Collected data
/---
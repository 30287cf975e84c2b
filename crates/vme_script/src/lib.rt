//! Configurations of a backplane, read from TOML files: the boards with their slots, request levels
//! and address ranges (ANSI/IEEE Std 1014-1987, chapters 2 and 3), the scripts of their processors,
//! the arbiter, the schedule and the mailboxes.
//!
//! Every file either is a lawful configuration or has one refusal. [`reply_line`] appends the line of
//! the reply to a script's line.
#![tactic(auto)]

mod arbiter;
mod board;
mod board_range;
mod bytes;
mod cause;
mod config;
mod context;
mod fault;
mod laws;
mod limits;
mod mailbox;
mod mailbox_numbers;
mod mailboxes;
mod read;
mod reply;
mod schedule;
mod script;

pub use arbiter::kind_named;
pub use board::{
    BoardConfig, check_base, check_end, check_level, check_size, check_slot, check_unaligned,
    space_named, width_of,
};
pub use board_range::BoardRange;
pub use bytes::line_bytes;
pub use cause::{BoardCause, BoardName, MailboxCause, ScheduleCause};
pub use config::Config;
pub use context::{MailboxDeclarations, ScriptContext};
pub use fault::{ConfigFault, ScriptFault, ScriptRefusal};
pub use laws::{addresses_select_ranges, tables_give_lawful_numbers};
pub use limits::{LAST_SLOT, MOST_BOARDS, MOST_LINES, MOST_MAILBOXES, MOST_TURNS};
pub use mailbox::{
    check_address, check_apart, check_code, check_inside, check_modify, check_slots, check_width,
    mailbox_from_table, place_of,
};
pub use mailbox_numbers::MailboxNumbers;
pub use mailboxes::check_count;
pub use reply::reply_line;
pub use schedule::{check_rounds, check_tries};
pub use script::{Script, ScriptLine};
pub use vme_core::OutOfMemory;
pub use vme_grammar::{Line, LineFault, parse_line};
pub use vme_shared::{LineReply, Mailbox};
\---
/---
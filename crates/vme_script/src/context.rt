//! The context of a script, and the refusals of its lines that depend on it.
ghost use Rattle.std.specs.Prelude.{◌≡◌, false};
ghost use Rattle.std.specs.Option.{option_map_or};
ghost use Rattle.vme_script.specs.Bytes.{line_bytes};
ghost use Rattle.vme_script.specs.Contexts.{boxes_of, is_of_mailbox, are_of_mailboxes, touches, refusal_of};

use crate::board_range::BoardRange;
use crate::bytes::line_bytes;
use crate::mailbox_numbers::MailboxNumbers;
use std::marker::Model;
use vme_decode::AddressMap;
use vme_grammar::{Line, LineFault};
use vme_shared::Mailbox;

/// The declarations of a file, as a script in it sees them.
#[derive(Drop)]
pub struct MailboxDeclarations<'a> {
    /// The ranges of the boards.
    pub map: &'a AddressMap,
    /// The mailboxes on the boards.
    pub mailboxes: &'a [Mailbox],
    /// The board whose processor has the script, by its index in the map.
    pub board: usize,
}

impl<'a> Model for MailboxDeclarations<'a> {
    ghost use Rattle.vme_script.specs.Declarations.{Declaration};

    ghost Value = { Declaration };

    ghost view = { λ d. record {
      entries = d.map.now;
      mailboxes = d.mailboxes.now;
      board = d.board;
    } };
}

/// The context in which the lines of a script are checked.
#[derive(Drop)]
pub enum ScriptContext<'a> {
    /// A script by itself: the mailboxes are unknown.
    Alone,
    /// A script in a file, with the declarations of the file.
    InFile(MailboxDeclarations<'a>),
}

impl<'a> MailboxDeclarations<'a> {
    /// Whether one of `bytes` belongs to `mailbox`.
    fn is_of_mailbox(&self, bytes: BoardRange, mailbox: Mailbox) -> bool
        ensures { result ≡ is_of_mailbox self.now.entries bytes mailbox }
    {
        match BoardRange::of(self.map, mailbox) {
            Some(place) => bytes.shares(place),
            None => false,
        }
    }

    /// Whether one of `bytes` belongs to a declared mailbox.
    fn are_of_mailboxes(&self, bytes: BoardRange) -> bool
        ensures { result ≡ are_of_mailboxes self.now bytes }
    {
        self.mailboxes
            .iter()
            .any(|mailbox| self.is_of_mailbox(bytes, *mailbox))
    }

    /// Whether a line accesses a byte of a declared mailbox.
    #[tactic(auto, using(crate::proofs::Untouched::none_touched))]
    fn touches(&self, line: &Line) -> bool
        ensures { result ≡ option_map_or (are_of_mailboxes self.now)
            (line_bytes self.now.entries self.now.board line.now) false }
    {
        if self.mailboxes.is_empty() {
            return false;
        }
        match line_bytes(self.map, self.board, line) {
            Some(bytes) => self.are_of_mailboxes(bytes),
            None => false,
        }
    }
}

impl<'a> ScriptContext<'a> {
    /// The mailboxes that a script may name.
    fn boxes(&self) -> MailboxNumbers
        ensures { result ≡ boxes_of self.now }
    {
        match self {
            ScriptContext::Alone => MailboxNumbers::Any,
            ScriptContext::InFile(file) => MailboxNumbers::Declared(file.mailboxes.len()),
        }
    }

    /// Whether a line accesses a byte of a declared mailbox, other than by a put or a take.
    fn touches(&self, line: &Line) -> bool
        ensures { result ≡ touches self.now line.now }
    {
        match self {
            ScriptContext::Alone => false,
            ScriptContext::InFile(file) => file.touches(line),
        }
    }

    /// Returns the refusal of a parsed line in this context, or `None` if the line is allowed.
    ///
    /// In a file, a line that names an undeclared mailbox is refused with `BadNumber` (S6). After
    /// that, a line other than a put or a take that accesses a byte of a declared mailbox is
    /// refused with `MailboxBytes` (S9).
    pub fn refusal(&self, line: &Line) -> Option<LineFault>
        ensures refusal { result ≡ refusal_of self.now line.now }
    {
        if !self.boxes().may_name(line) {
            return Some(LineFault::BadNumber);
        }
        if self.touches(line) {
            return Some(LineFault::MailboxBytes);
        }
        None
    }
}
\---
▸ Work to be completed
Return every line in the records that includes the string "laws".

▸ Task solution
mod laws;
pub use laws::{addresses_select_ranges, tables_give_lawful_numbers};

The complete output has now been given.